Personal information
- Nationality: Australian
- Born: 24 February 2000 (age 26)

Sport
- Sport: Track and Field
- Event: Sprint

Achievements and titles
- Personal best(s): 60m: 7.24 (2025) 100m: 11.26 (2025) 200m: 22.81 (2025)

Medal record
Women's athletics
Representing Australia
Oceania Championships
| Gold medal – first place | 2019 Townsville | 4x100m relay |
Summer World University Games
| Gold medal – first place | 2025 Bochum | 4x100m relay |

= Kristie Edwards =

Australian sprinter (born 2000)

Kristie Edwards (born 24 February 2000) is an Australian sprinter.

==Early life==
She attended Newport Public School and from 2017, Pymble Ladies' College in New South Wales. On leaving school, she studied at the University of Technology Sydney.

==Career==
She started running for the Newport Nippers in New South Wales. Edwards gained her first experience at international championships in 2018, when she finished seventh with the Australian 4 × 100 m relay team at the 2018 World Athletics U20 Championships in Tampere, setting a new Australian junior record.

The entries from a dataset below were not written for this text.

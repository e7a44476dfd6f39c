//! Reports with the same output: the first of them stands for all, so that outputs are compared as numbers.

ghost use Rattle.std.specs.Prelude.{◌≡◌, ◌<◌, ◌≤◌, ◌+◌, [], true, None, length, take, slice_index};
ghost use Rattle.std.specs.Cmp.Lexicographic.{slice_cmp};
ghost use Rattle.std.specs.List.Sorted.{IsBinarySearchResult, IsSearchInRange};
ghost use Rattle.std.specs.Ordering.{nat_cmp};
ghost use Rattle.sched_book.specs.Alike.{first_with, first_alike, AreFirsts};
ghost use Rattle.sched_book.specs.Count.{output_of};
ghost use Rattle.sched_book.specs.Near.{number_in};
ghost use Rattle.sched_book.specs.declared.rows.Agreement.{Agreement};

use crate::count::output_at;
use crate::instance::Instance;
use crate::limits::MOST_INSTANCES;
use arrayvec::ArrayVec;
use std::cmp::Ordering;

/// What is known of a report by those seen before it.
#[derive(Drop)]
pub(crate) struct Seen {
    /// The report that stands for it: the first with its output, or itself if its output is compared as a whole number.
    pub(crate) first: usize,
    /// Whether none of those before it agrees with it.
    pub(crate) is_new: bool,
}

/// The first report with each output that is compared as a text, of the reports seen so far.
#[derive(Drop)]
pub(crate) struct Firsts {
    /// The numbers of their instances, in the order of the outputs.
    pub(crate) numbers: ArrayVec<usize, MOST_INSTANCES>,
}

impl Firsts {
    /// Those of no report.
    pub(crate) fn new() -> Firsts
        ensures { result.numbers.items ≡ [] }
    {
        Firsts {
            numbers: ArrayVec::new(),
        }
    }

    /// The index of the report with this output, or the one at which it would be inserted.
    fn search(&self, instances: &[Instance], output: &str) -> Result<usize, usize>
        ensures place { IsBinarySearchResult (λ j. slice_cmp nat_cmp (output_of instances.now j) output.now) self.now.numbers.items result }
        ensures within { IsSearchInRange result (length self.now.numbers.items) }
    {
        self.numbers.as_slice().binary_search_by(
            |number: &usize| -> Ordering
                ensures { result ≡ slice_cmp nat_cmp (output_of instances.entry.now number.now) output.entry.now }
            { output_at(instances, *number).cmp(output) },
        )
    }

    /// Sees the report at an index, whose output is compared as a text, once those before it were seen.
    pub(crate) fn see(&mut self, instances: &[Instance], reports: &[usize], index: usize) -> Seen
        requires within { index < length reports.now }
        requires room { (length self.old.numbers.items ≤ index) × (index < MOST_INSTANCES) }
        ensures value { (a : Agreement) → AreFirsts a instances.now (take index reports.now) self.old.numbers.items
            → number_in a (output_of instances.now (slice_index reports.now index)) ≡ None
            → result.first ≡ first_alike instances.now reports.now (slice_index reports.now index) }
        ensures new { (a : Agreement) → AreFirsts a instances.now (take index reports.now) self.old.numbers.items
            → number_in a (output_of instances.now (slice_index reports.now index)) ≡ None
            → result.is_new ≡ true → first_with instances.now (take index reports.now) (output_of instances.now (slice_index reports.now index)) ≡ None }
        ensures seen { (a : Agreement) → AreFirsts a instances.now (take index reports.now) self.old.numbers.items
            → number_in a (output_of instances.now (slice_index reports.now index)) ≡ None
            → AreFirsts a instances.now (take (index + 1) reports.now) self.new.numbers.items }
        ensures few { length self.new.numbers.items ≤ index + 1 }
    {
        let number = reports[index];
        match self.search(instances, output_at(instances, number)) {
            Ok(spot) => Seen {
                first: self.numbers.as_slice()[spot],
                is_new: false,
            },
            Err(spot) => {
                self.numbers.insert(spot, number);
                Seen {
                    first: number,
                    is_new: true,
                }
            }
        }
    }
}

She won gold in the 4 × 100 m relay at the 2019 Oceania Athletics Championships in Townsville in 44.47 seconds, along with Nana Owusu-Afriyie, Riley Day, and Celeste Mucci. She competed for Australia at the 2019 IAAF World Relays and was named in the squad for the 2019 World Athletics Championships in Doha.

In 2020, she moved from Sydney, to be based in Queensland. She is a member of Noosa athletics club.

She was part of the Australian squad selected to compete in the 4 × 100 m sprint relay at the 2023 World Athletics Championships in Budapest.

At the 2024 London Athletics Meet in July 2024, she was part of the Australian 4x100 metres team alongside Torrie Lewis, Ella Connolly and Bree Masters that set a new Australian and Oceania record of 42.48 seconds. She participated in the relay at the 2024 Summer Olympics in Paris, as they finished fifth in their heat in 42.75 seconds.

She finished runner-up to Jessica Milat in the 200 metres race at the 2025 Australian Athletics Championships on 13 April 2025, running a personal best time of 22.81 seconds. She competed at the 2025 World Athletics Relays in China in the Women's 4 × 100 metres relay in May 2025. She was selected for the 2025 Summer World University Games in Germany, winning the gold medal in the women's 4 x 100 metres relay.

In September 2025, she competed in the 200 metres at the 2025 World Championships in Tokyo, Japan. She also ran in the women's 4 x 100 metres relay at the championships.